O escândalo pelo suposto pagamento, com fundos de um hospital pediátrico, da reforma de seu ático de luxo, voltou a colocar o cardeal Bertone no olho do furacão. O próprio Vaticano abriu uma investigação sobre a questão, que atinge a linha de flutuação da austeridade auspiciada, e vivida, pelo Papa Francisco. Consciente disso, o ex-secretário de Estado passou ao ataque em algumas declarações ao Corriere della Sera, nas quais afirma: “não vou ceder diante de todos aqueles que me atacam” e relaciona as acusações contra ele a “uma manobra para desviar a atenção do processo Vatileaks”.

 
Fonte: http://goo.gl/KgIzG2  

A reportagem é de Jesús Bastante, publicada por Religión Digital, 01-04-2016. A tradução é do Cepat.

No caso de uma possível responsabilidade de Bertone, só o Tribunal de Cassação (Supremo) teria o poder de o julgar por ser cardeal. A investigação aponta que a reforma de seu ático – de 700 metros quadrados – pode ter sido financiada pela Fundação Bambino Gesú.

Por meio de seu advogado Michele Gentiloni Silveri, Bertone destacou que “o publicado em l’Espresso não está contra mim, mas a meu favor: confirma minha versão dos fatos”. O ex-secretário de Estado da Santa Sé se desvinculou de qualquer acusação e defendeu que “não sai”, posto que “trinta cardeais possuem casas melhores”.

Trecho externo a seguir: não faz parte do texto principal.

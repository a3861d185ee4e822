// The effect of a transition on a place of a plan or a slice.
ghost use Rattle.std.specs.Prelude.{◌≡◌};
ghost use Rattle.promise.specs.Firing.{effect_answer};
ghost use Rattle.call_firing.specs.Effect.{change_numbers};

use file_header::Due;
use refusals::Refusal;

// By how much the tokens change. Refused: the file's number; 10 for an unknown place, then 12 for an unknown transition.
pub fn effect(file: &[u8], place: u32, transition: u32) -> Result<i32, Refusal>
    ensures { change_numbers result ≡ effect_answer file.now place transition }
{
    let read = file::read(file, Due::Either);
    let Ok(h) = read else {
        return Err(read.unwrap_err());
    };
    let p = place as usize;
    let t = transition as usize;
    if h.places <= p {
        return Err(Refusal::Place);
    }
    if h.transitions <= t {
        return Err(Refusal::Transition);
    }
    let by = arcs_effect::effect(file, h, p, t);
    Ok(by)
}
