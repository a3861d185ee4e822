// From which markings of a range a list of transitions of a plan fires, and the marking that it needs.
ghost use Rattle.std.specs.Prelude.{◌≡◌, length};
ghost use Rattle.promise.specs.Range.{range_answer, range_need, TellsRange};
ghost use Rattle.range.specs.Told.{range_numbers};

use file_header::Due;
use range::Range;
use refusals::Refusal;

// The range is from the plan's marking to the upper list. The first entries of `need` get what the list needs, one for each place. Refused: the plan's
// number; 17 where a place of it has a cap; 11 or 12 for the list; 21 where the upper list has not one entry for each place, or one below the plan's
// marking; 13 where `need` has fewer.
pub fn range(plan: &[u8], list: &[u16], upper: &[u32], need: &mut [u64]) -> Result<Range, Refusal>
    ensures answer { range_numbers result ≡ range_answer plan.now list.now upper.now (length need.old) }
    ensures need { need.new ≡ range_need plan.now list.now upper.now need.old }
    ensures range { TellsRange plan.now list.now upper.now (range_numbers result) need.new }
{
    let read = file::read(plan, Due::Plan);
    let Ok(h) = read else {
        return Err(read.unwrap_err());
    };
    range::extent(plan, h, list, upper, need)
}
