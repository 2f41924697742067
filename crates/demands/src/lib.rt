// The three demands as theorems, a page for each: the crate has no code of its own.
#![tactic(auto)]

Bertone defendeu que a carta escrita por Profiti não prova que a Fundação do hospital fosse pagar a renovação de seu ático. “A carta não faz nenhuma referência ao envolvimento econômico da Fundação, pelo contrário, nela falo de contribuições de terceiros. A carta é muito clara. Eu mesmo busquei benfeitores que pagariam a reforma de um apartamento que, recordemos, não é meu, é de propriedade do Governo”.

Também explicou que ele “vive somente no terceiro piso” e que a doação que fez ao hospital, após o caso se tornar público, ocorreu porque “depois de todo o dano causado quis fazer uma doação voluntária”.

Bertone também contou que teve um encontro com o Papa Francisco, na última Páscoa, mas que “não falaram sobre o assunto”. Por último, o ex-secretário de Estado da Santa Sé destacou que lhe “parece lógico” que o Vaticano tenha aberto uma investigação, uma vez que “o hospital é dependente do Vaticano”.